La mia partner è stata Marge86, che ringrazio per la velocità con cui ha concluso la sua. Siamo state le prime a consegnare... spero ci porti bene.
Ora vi lascio alla lettura, sperando che la gradiate e che mi facciate sapere cosa ne pensate.
Un abbraccio forte,
Teresa.
P.S: il banner è mio. Adoro la grafica e se volete vedere le altre mie produzioni, vi basta visitare la mia pagina personale.
Ero certa che
dentro ci fossero loro:
i documenti relativi al mio trasferimento in Brasile.
Il cuore mi
batteva tanto forte, che
sembra volermi uscire dal petto. Con le dita tremanti, avevo stracciato
la
linguetta laterale, ed estratto un plico compatto di fogli, su cui
spiccava la
classica custodia rettangolare contenente un biglietto aereo.

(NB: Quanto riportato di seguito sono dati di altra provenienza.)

// How a plan is put together.
#![tactic(auto, unfolding(crate::specs::BuilderContents::builder_contents, crate::specs::PlanContents::plan_contents, crate::specs::Parts::contents_of))]

ghost use Rattle.std.specs.Prelude.{◌≡◌, ◌%◌, ◌≤◌, [], ◌∷◌, ◌++◌, length, map, position, ℕ, List, ◌<◌, None, OnOk};
ghost use Rattle.std.specs.Prelude.{OnErr, IfOk};
ghost use Rattle.std.specs.List.{range_with_len};
ghost use Rattle.std.specs.Str.{bytes_eq};
ghost use Rattle.indexmap.specs.IndexMap.{index_map_len, keys};
ghost use Rattle.message_tree.specs.Trees.{frame_tree};
ghost use Rattle.plan_core.specs.Contents.{empty};
ghost use Rattle.plan_core.specs.NameBytes.{name_bytes};
ghost use Rattle.plan_core.specs.declared.builder.BuildError.TheVariants.{NoMemory};
ghost use Rattle.plan_core.specs.Building.{RefusesExactly, number_of, numbers_of, has_name, message_name_refusal};
ghost use Rattle.plan_core.specs.Building.{message_refusal, with_message, controller_name_refusal, controller_refusal};
ghost use Rattle.plan_core.specs.Building.{list_refusal, with_controller, with_sender, interrupt_refusal};
ghost use Rattle.plan_core.specs.Building.{with_interrupt, never_refusal, with_never};
ghost use Rattle.plan_core.specs.Limits.{sending_count};
ghost use Rattle.plan_core.specs.Participants.{participants_of};
ghost use Rattle.plan_core.specs.declared.plans.Participant.TheVariants.{Sending, Interrupt};

use crate::limits::{
    MOST_BYTES, MOST_CONTROLLERS, MOST_INTERRUPTS, MOST_MESSAGES, MOST_NODES, MOST_SENDINGS,
};
use crate::names::Name;
use crate::pairs::{PairTable, is_never};
use crate::plans::{Participant, Plan};
use indexmap::IndexMap;
use message_tree::Frame;
use std::alloc::{AllocError, Global};
use thiserror::Error;
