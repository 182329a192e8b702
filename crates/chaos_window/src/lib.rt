//! The two windows of a connection: what an end sent and may have to send again, and what an end
//! holds until its user reads it (AI Memo 628, on connections).
//!
//! Rings and numbers alone: no sockets, no clock, and no allocation after `new`.
#![tactic(auto)]

mod arrival;
mod kept;
mod limits;
mod receive;
mod send;
mod slot;
mod slots;

pub use arrival::Arrived;
pub use limits::{MAX_WINDOW, law_limits};
pub use receive::RecvWindow;
pub use send::{Full, SendWindow};
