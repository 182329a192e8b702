//! What an end holds.
ghost use Rattle.std.specs.Prelude.{◌≡◌, ◌≤◌, length, is_some, IfOk};
ghost use Rattle.std.specs.Option.{option_copied};
ghost use Rattle.chaos_window.specs.Receive.{IsReceiveWindow, item_at, clear_receive, started_receive, arrival_of, after_arrival, after_advance, after_announcement, receipt_of, held_count, receive_view};

use crate::arrival::Arrived;
use crate::limits::MAX_WINDOW;
use crate::slots::Slots;
use chaos_packet::{Item, MAX_DATA, Opcode, PktNum};
use std::alloc::{AllocError, Global};
use std::marker::Model;

/// The receive window of a connection (AI Memo 628, on connections): the items that arrived and
/// were not read, each at its offset past the number last read.
///
/// ```text
///    number last read
///          |
///  .. read | 1 | 2 | 3 | .. | window | outside ..
///            |
///       next number
/// ```
///
/// The window is the cap until its end announces another window, which is at most the cap. Items
/// that are held past a window that was made smaller stay held.
///
/// A contract sees the number and a slot for each offset. `new` takes the memory for an item in
/// each slot, and no later call takes any.
#[derive(Drop)]
pub struct RecvWindow {
    /// The number last read.
    read: PktNum,
    /// The window that its end announces.
    window: u16,
    /// The next numbers, as many as the cap.
    slots: Slots,
}

impl Model for RecvWindow {
    ghost use Rattle.chaos_window.specs.Receive.{ReceiveView, IsReceiveWindow, receive_view};

    ghost Value = { ReceiveView };

    ghost view = { λ w. receive_view w.read w.window w.slots };

    ghost invariant = { λ w. IsReceiveWindow (receive_view w.read w.window w.slots) };
}

impl RecvWindow {
    /// A clear window, with room for `cap` items.
    pub fn new(alloc: Global, cap: u16) -> Result<Self, AllocError>
        requires { (1 ≤ cap) × (cap ≤ MAX_WINDOW) }
        // A new receive window has last read 0, holds nothing, and announces its cap.
        ensures { IfOk result (λ window. window ≡ clear_receive cap) }
    {
        let slots = Slots::new(alloc, cap)?;
        Ok(RecvWindow {
            read: PktNum(0),
            window: cap,
            slots,
        })
    }

    /// Starts a clear window: the next item is the one after `num`.
    pub fn start(&mut self, num: PktNum)
        requires { self.old ≡ clear_receive self.old.cap }
        // The given number counts as the last that was read.
        ensures { self.new ≡ started_receive self.old.cap num }
    {
        self.read = num;
    }

    /// Takes an item that came with a number, and returns what became of it. One slot is written.
    pub fn arrive(&mut self, num: PktNum, item: Item) -> Arrived
        // An item that is held already is `Duplicate`, also past a window that was made smaller.
        // Otherwise it is `Took`, `Outside` or `Duplicate` exactly by its distance and the
        // announced window.
        ensures answer { result ≡ arrival_of self.old num }
        // An item that is taken is held at its offset. Nothing else changes.
        ensures held { self.new ≡ after_arrival self.old num item }
    {
        let arrived = arrival(self.read, self.window, &self.slots, num);
        if arrived == Arrived::Took {
            self.slots.put(num.off(self.read), item);
        }
        arrived
    }

    /// Takes a copy of a lent item that came with a number: its opcode, and at most [`MAX_DATA`]
    /// bytes. The bytes are copied only where the item is taken.
    pub fn arrive_lent(&mut self, num: PktNum, op: Opcode, bytes: &[u8]) -> Arrived
        requires { length bytes.now ≤ MAX_DATA }
        // The answer is that of `arrive` for an item with these bytes.
        ensures answer { result ≡ arrival_of self.old num }
        // An item that is taken is held at its offset, with exactly these bytes. Nothing else
        // changes.
        ensures held { self.new
            ≡ after_arrival self.old num (record { op = op; body = bytes.now }) }
    {
        let arrived = arrival(self.read, self.window, &self.slots, num);
        if arrived == Arrived::Took {
            self.slots.put_lent(num.off(self.read), op, bytes);
        }
        arrived
    }

    /// Makes this the window that its end announces.
    pub fn set_window(&mut self, window: u16)
        requires { window ≤ self.old.cap }
        // The end announces another window, at most the cap. Nothing else changes, so what is held
        // past the window stays.
        ensures { self.new ≡ after_announcement self.old window }
    {
        self.window = window;
    }

    /// How far past the number last read an item is taken.
    pub fn window(&self) -> u16
        // The end announces this window, at most the cap.
        ensures value { result ≡ self.now.window }
        ensures fits { result ≤ self.now.cap }
    {
        self.window
    }

    /// Lends the next item without reading it.
    pub fn front(&self) -> Option<&Item>
        // The next item is lent exactly where it is held.
        ensures { option_copied result ≡ item_at self.now 1 }
    {
        self.slots.first()
    }

    /// Reads the next item.
    pub fn advance(&mut self) -> Option<Item>
        // The next item is handed out exactly where it is held.
        ensures item { result ≡ item_at self.old 1 }
        // If it was held, the number last read moves on by one, and every offset is one lower.
        ensures rest { self.new ≡ after_advance self.old }
    {
        let item = self.slots.take_first()?;
        self.read = self.read.next();
        Some(item)
    }

    /// Reads the next item, and drops it where it lies.
    pub fn discard(&mut self) -> bool
        // The answer is whether the next item was held.
        ensures was_held { result ≡ is_some (item_at self.old 1) }
        // If it was held, the number last read moves on by one, and every offset is one lower.
        ensures rest { self.new ≡ after_advance self.old }
    {
        let was_held = self.slots.drop_first();
        if was_held {
            self.read = self.read.next();
        }
        was_held
    }

    /// The receipt to send: all items up to this number arrived. The cost is at most a walk over
    /// the items before the first gap.
    pub fn receipt(&self) -> PktNum
        // The receipt is the end of the unbroken front, which begins after the number last read.
        ensures { result ≡ receipt_of self.now }
    {
        self.read.plus(self.slots.unbroken())
    }

    /// How far the user has read.
    pub fn read_num(&self) -> PktNum
        // This is the number last read.
        ensures { result ≡ self.now.read }
    {
        self.read
    }

    /// The greatest window that the end may announce.
    pub fn cap(&self) -> u16
        // This is the greatest window.
        ensures value { result ≡ self.now.cap }
        // In every receive window the cap is from 1 to 64, there are as many places for items, and
        // the end announces no more.
        ensures sound { IsReceiveWindow self.now }
    {
        self.slots.cap()
    }

    /// How many items are held. The cost is a walk over the window.
    pub fn held(&self) -> usize
        // The answer is how many items are held, at most the cap and at most 64.
        ensures count { result ≡ held_count self.now }
        ensures fits { (result ≤ self.now.cap) × (result ≤ MAX_WINDOW) }
    {
        self.slots.count()
    }

    /// Lends a held item by its offset past the number last read. The next item has offset 1.
    pub fn held_at(&self, offset: u16) -> Option<&Item>
        // The item at the offset is lent exactly where one is held there.
        ensures { option_copied result ≡ item_at self.now offset }
    {
        self.slots.get(offset)
    }

    /// Drops every item, so that the window can be started again.
    pub fn clear(&mut self)
        // A cleared window is as new: it holds nothing, and announces its cap.
        ensures { self.new ≡ clear_receive self.old.cap }
    {
        self.slots.clear();
        self.window = self.slots.cap();
        self.read = PktNum(0);
    }
}

/// What becomes of an item that arrives with a number, where `read` is the number last read.
fn arrival(read: PktNum, window: u16, slots: &Slots, num: PktNum) -> Arrived
    ensures { result ≡ arrival_of (receive_view read window slots.now) num }
{
    let offset = num.off(read);
    if slots.get(offset).is_some() {
        Arrived::Duplicate
    } else if 1 <= offset && offset <= window {
        Arrived::Took
    } else if num.after(read) {
        Arrived::Outside
    } else {
        Arrived::Duplicate
    }
}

Di sola
andata.
Mancavano
quindici giorni alla
partenza. Avevo letto la data stampata sopra per pura
formalità, in quanto avevo
scelto io di partire il 10 novembre, in una giornata del giugno scorso
in cui
mi ero sentita traboccante d’ottimismo. Di quel periodo ricordo
anche il giorno,
forse di un paio di settimane precedenti, in cui ero stata chiamata
nell’ufficio del Direttore e mi era stato offerto il ruolo di
responsabile
tecnico nella nostra sede di San Paolo. Del Brasile, naturalmente.
Lì
per lì non avevo saputo cosa
rispondere, se non un “devo prima parlarne in
famiglia…”. Ma una volta superato
lo sbalordimento, mi ero lasciata cullare dal lusingante discorso su quanto fossi perfetta per quel ruolo, e
su quanto questa proposta fosse
importante per la mia carriera, tanto da valutare sul serio
la proposta. Mentre
me ne tornavo a casa, dopo un pomeriggio in cui avevo faticosamente
finto di
lavorare, perché troppo frastornata da ciò che mi
era stato detto, mi ero
preparata il discorso da fare a mio marito, ripercorrendo mentalmente
gli
elementi cardine del colloquio.
Punto primo: la
succursale brasiliana
dell’azienda farmaceutica in cui lavoravo aveva bisogno di
una persona di larga
esperienza per coordinare la produzione di un nuovo farmaco appena
messo in
commercio.
Questo era
chiaro.
Punto secondo:
dato che il personale
locale era di nuova assunzione, la direzione aveva pensato di
trasferire per
l’occasione una figura di rilievo del nostro laboratorio, che
avesse le
competenze e l’esperienza sufficiente a coordinare persone e
ricerca.
Anche su questo
non c’era niente da controbattere.
Punto terzo: il
Direttore era
convinto che io, alla soglia dei cinquant’anni, quasi
metà dei quali trascorsi
all’interno del settore e con due figlie ormai grandi, fossi
la candidata
perfetta.
Una parte di me,
la più orgogliosa,
ne era convinta; l’altra, la più realista, era
perplessa.
«Marco, ho una
cosa veramente importante da dirti». Avevo esordito
con mio marito mentre controllavo la cottura
delle zucchine per la cena. Stavo aspettando con trepidazione il suo
rientro cercando
di trattenere, con estrema fatica, il sorriso che involontariamente
continuava
a stirarmi le labbra.
«Ok,
ma prima mangiamo», aveva risposto lui,
appoggiando nell’ingresso la borsa dell’ufficio.
Avevo annuito,
quasi sollevata di poter
posticipare di un po' la discussione.
Dopo aver
sparecchiato la tavola, avevo
iniziato il racconto, mentre
ancora
scuotevo la tovaglia dalle briciole del pane, con la voce che mi
tremava e la
sensazione che ciò che ascoltavo uscire dalle labbra fosse incredibile alle mie
stesse orecchie. Marco,
come suo solito, non aveva fatto una piega. Se era rimasto turbato
dalle mie
parole, non lo aveva dato sicuramente a vedere.
«Allora,
cosa ne dici?» Gli avevo chiesto in
preda all’ansia. «Sembra quasi incredibile, vero?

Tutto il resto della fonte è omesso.